For those Philadelphia teachers for whom the call isn’t new, the need to march Sunday is still urgent. School leaders are speaking out now, but problems have persisted for generations and they fear the change offered by the system will be cursory, gone when Floyd’s death no longer commands news headlines.
“It’s not a ‘do this checklist and now you’re cured,’” said Crawford.
In Philadelphia, Black students are 3.1 times more likely to be suspended as white students; white students are 1.5 times more likely to be enrolled in Advanced Placement courses as Black students, according to a ProPublica analysis of federal education data.
Black and brown students are “experiencing systemic racism and discrimination at every turn” in the Philadelphia School District, said Keziah Ridgeway, a history teacher at Northeast High. “Enough is enough. It’s time to challenge what has become normal and reenvision and implement a just and equitable education system.”
The work will not be easy, and it must be shared by white educators, some said.
Kathy Cohen Volin, a white teacher at Greenberg Elementary in Northeast Philadelphia and member of Building Anti-Racist White Educators (BARWE), a coalition of city teachers, said that not all her colleagues are comfortable with her call for change or inclusion of a Black Lives Matter curriculum. (A group of Philadelphia educators has developed the curriculum, based on state and district content standards; it is not endorsed by the district.)
But the work is crucial, Volin said, and must push into schools where such conversations are not common.
“We all need to look at our own internal racism, which is painful,” Volin said. “I’ve cried over it, thinking about how I interacted with Black male students. We just all need to do more to help, to change the structures in our schools and in our district.”
Still, Volin said, it feels as if Floyd’s death was a turning point. After the unarmed man was killed by Minneapolis police, even her seventh-grade students who had expressed more conservative viewpoints in the past said change was needed.
“Public opinion has shifted,” said Volin. “Teachers went from feeling like, ‘I feel unprepared to talk about racism, so maybe I shouldn’t,' to ‘It doesn’t matter that I don’t know how to talk about this, we need to talk about it.’”
Other local schools have pledged action on racial equity issues, many in answer to student concerns: Cherry Hill has said it will examine its curriculum and do more to teach Black history; Germantown Friends said it is “working to create and implement a comprehensive approach to antiracism”; before students return to school in the fall, Lower Merion staff will have training on equity and antiracism.
Philadelphia School District officials said changes will begin when students return to school in September.
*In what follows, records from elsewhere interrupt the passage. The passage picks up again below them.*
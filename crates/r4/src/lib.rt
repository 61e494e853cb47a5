// The saturation line of region 4: R7-97, equations 30 and 31. First the steps of each, then the calls.
// The steps are raw: a number that is lost travels as itself to the end, and only a divisor is tested before it could be hidden.
#![tactic(auto)]

ghost use Rattle.std.specs.Prelude.{◌≡◌, Float};
ghost use Rattle.common.specs.Outcome.{Outcome, or_nan};
ghost use Rattle.common.specs.Formula.{Raw};
ghost use Rattle.common.specs.Answer.{paper};
ghost use Rattle.r4.specs.Saturation.{p_saturation, p_saturation_rule, T_saturation, T_saturation_rule};
ghost use Rattle.r4.specs.Quotients.{quotient_of, quotient_d};

use common::{
    Kelvin, MPa, P_SATURATED, Refusal, T_SATURATED, check_only, finite_or_nan, or_nan, over, settle,
};
use inverses::raw_root;
use rules::power;

// R7-97, table 34
const N1: f64 = 0.11670521452767e4;

const N2: f64 = -0.72421316703206e6;

const N3: f64 = -0.17073846940092e2;

const N4: f64 = 0.12020824702470e5;

const N5: f64 = -0.32325550322333e7;

const N6: f64 = 0.14915108613530e2;

const N7: f64 = -0.48232657361591e4;

const N8: f64 = 0.40511340542057e6;

const N9: f64 = -0.23855557567849;

const N10: f64 = 0.65017534844798e3;

// Of equation 30 the quotient whose fourth power is p, by ϑ.
fn quotient(theta: f64) -> f64
    ensures { (ϑ : Outcome Float) → Raw ϑ theta → Raw (quotient_of ϑ) result }
{
    let a = theta * (theta + N1) + N2;
    let b = theta * (N3 * theta + N4) + N5;
    let c = theta * (N6 * theta + N7) + N8;
    over(2.0 * c, -b + raw_root(b * b - 4.0 * a * c))
}

// Equation 30.
fn p_steps(t: f64) -> f64
    ensures { Raw (p_saturation t) result }
{
    or_nan(power(quotient(t + over(N9, t - N10)), 4))
}

// Of equation 31 the quotient D, by β.
// Kept: `quotient` and this differ in the root's sign and in the coefficients' places. One function of both would take eight coefficients and the sign, and
// neither equation would stand as printed.
fn quotient_d(beta: f64) -> f64
    ensures { (β : Outcome Float) → Raw β beta → Raw (quotient_d β) result }
{
    let e = beta * (beta + N3) + N6;
    let f = beta * (N1 * beta + N4) + N7;
    let g = beta * (N2 * beta + N5) + N8;
    over(2.0 * g, -f - raw_root(f * f - 4.0 * e * g))
}

// Equation 31.
fn t_steps(p: f64) -> f64
    ensures { Raw (T_saturation p) result }
{
    let d = quotient_d(raw_root(raw_root(p)));
    let square = (N10 + d) * (N10 + d) - 4.0 * (N9 + N10 * d);
    0.5 * (N10 + d - raw_root(square))
}

// Kept: this and the next are alike, and as the border's two: each is a name of the Rust's, with its own unit, range and equation.
// The saturation pressure in MPa.
pub fn p_saturation(t: Kelvin) -> Result<f64, Refusal>
    ensures { paper result ≡ p_saturation_rule t.0 }
{
    check_only(t.0, T_SATURATED)?;
    settle(p_steps(t.0))
}

// The saturation temperature in K.
pub fn T_saturation(p: MPa) -> Result<f64, Refusal>
    ensures { paper result ≡ T_saturation_rule p.0 }
{
    check_only(p.0, P_SATURATED)?;
    settle(t_steps(p.0))
}

// For the layers above, which have tested p and test once more at the end: equation 31 at any p, and a NaN where a step is refused.
pub fn raw_T_saturation(p: MPa) -> f64
    ensures { result ≡ or_nan (T_saturation p.0) }
{
    finite_or_nan(t_steps(p.0))
}
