//! Delimiter runs, and the characters that decide on them.
ghost use Rattle.std.specs.Prelude.{◌≡◌, ◌↔◌, ◌≤◌, ◌<◌, ◌+◌, ◌-◌, length, Option, IsTrue};
ghost use Rattle.std.specs.Char.{IsScalar};
ghost use Rattle.std.specs.Str.{IsUtf8, IsCharBoundary};
ghost use Rattle.markdown_inlines.specs.DelimiterRuns.{is_white_space, is_punctuation};
ghost use Rattle.markdown_inlines.specs.declared.delimiter_runs.DelimiterRun.{DelimiterRun as Run};
ghost use Rattle.markdown_scanners_c.specs.DelimiterRuns.{IsNoRun, IsReturnedRun};
ghost use Rattle.markdown_scanners_c.specs.Status.{past_end};
ghost use Rattle.markdown_scanners_c.specs.TextPlace.{IsAnswerAt};
ghost use Rattle.markdown_scanners_c.specs.private.Sides.{begins_character};

use crate::status::{NOT_UTF8, NOTHING, OK, PAST_END};
use markdown_inlines::delimiter_runs::{is_punctuation, is_white_space, scan_delimiter_run};
use markdown_scanners_tree::scanners::scan_ch_repeat;

/// `struct mds_delimiter_run` of C: the run, where the status is `OK`.
#[repr(C)]
pub struct DelimiterRun {
    pub status: u32,
    pub byte: u8,
    pub can_open: bool,
    pub can_close: bool,
    pub count: usize,
}

// No run, but a status.
fn no_run(status: u32) -> DelimiterRun
    ensures { IsNoRun status result }
{
    DelimiterRun {
        status,
        byte: 0,
        can_open: false,
        can_close: false,
        count: 0,
    }
}

/// The delimiter run that begins at the offset, before which no unescaped byte of its kind stands.
/// Beside it, the characters on both sides are read. (CommonMark 0.31.2, section 6.2)
#[tactic(auto, unfolding(crate::specs::DelimiterRuns::IsReturnedRun))]
#[unsafe(no_mangle)]
pub extern "C" fn mds_scan_delimiter_run(bytes: &[u8], offset: usize) -> DelimiterRun
    ensures run { IsAnswerAt bytes.now offset (IsNoRun past_end result)
        (IsReturnedRun bytes.now offset result) }
    ensures within { result.count ≤ length bytes.now - offset }
{
    if offset > bytes.len() {
        return no_run(PAST_END);
    }
    let rest = &bytes[offset..];
    let count = scan_ch_repeat(rest, b'*').max(scan_ch_repeat(rest, b'_'));
    if count == 0 {
        return no_run(NOTHING);
    }
    let front = last_len(&bytes[..offset]);
    let back = first_len(&rest[count..]);
    let Ok(text) = str::from_utf8(&bytes[offset - front..offset + count + back]) else {
        return no_run(NOT_UTF8);
    };
    match scan_delimiter_run(text, front) {
        Some(run) => DelimiterRun {
            status: OK,
            byte: run.byte,
            can_open: run.can_open,
            can_close: run.can_close,
            count: run.count,
        },
        None => no_run(NOTHING),
    }
}

// How many bytes the last character of a text has. Of other bytes it is some number, 4 at most.
fn last_len(bytes: &[u8]) -> usize
    ensures within { result ≤ length bytes.now }
    ensures some { 0 < length bytes.now → 0 < result }
    ensures boundary { IsUtf8 bytes.now → IsCharBoundary bytes.now (length bytes.now - result) }
{
    let most = bytes.len().min(4);
    for count in 1..most {
        if begins_character(bytes[bytes.len() - count]) {
            return count;
        }
    }
    most
}

// How many bytes the first character of a text has. Of other bytes it is some number, 4 at most.
fn first_len(bytes: &[u8]) -> usize
    ensures within { result ≤ length bytes.now }
    ensures some { 0 < length bytes.now → 0 < result }
    ensures boundary { IsUtf8 bytes.now → IsCharBoundary bytes.now result }
{
    let most = bytes.len().min(4);
    for count in 1..most {
        if begins_character(bytes[count]) {
            return count;
        }
    }
    most
}

// Whether the byte goes on no character of UTF-8.
fn begins_character(byte: u8) -> bool
    ensures { result ≡ begins_character byte }
{
    byte < 0x80 || byte >= 0xC0
}

/// Whether the number is that of a Unicode white space character. (CommonMark 0.31.2, section 2.1)
#[unsafe(no_mangle)]
pub extern "C" fn mds_is_unicode_whitespace(character: u32) -> bool
    ensures { IsTrue result ↔ (IsScalar character × IsTrue (is_white_space character)) }
{
    match char::from_u32(character) {
        Some(c) => is_white_space(c),
        None => false,
    }
}

/// Whether the number is that of a Unicode punctuation character. (CommonMark 0.31.2, section 2.1)
#[unsafe(no_mangle)]
pub extern "C" fn mds_is_unicode_punctuation(character: u32) -> bool
    ensures { IsTrue result ↔ (IsScalar character × IsTrue (is_punctuation character)) }
{
    match char::from_u32(character) {
        Some(c) => is_punctuation(c),
        None => false,
    }
}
District staff is already examining and infusing antiracism into the social studies curriculum, and other subjects will eventually be addressed. But the goal to amplify the work of activists goes well beyond that, said Estelle Acquah, a special projects director working on antiracism.
“This is an organizational-wide effort,” said Acquah. “Nothing is off the table. We’re looking at what policy changes we need to make as a system, but also how we affect every worker in the system’s thoughts and beliefs.”
Equity has been a focus of his administration, Hite said; it is accelerating.
“I think the collective will is different now,” he said.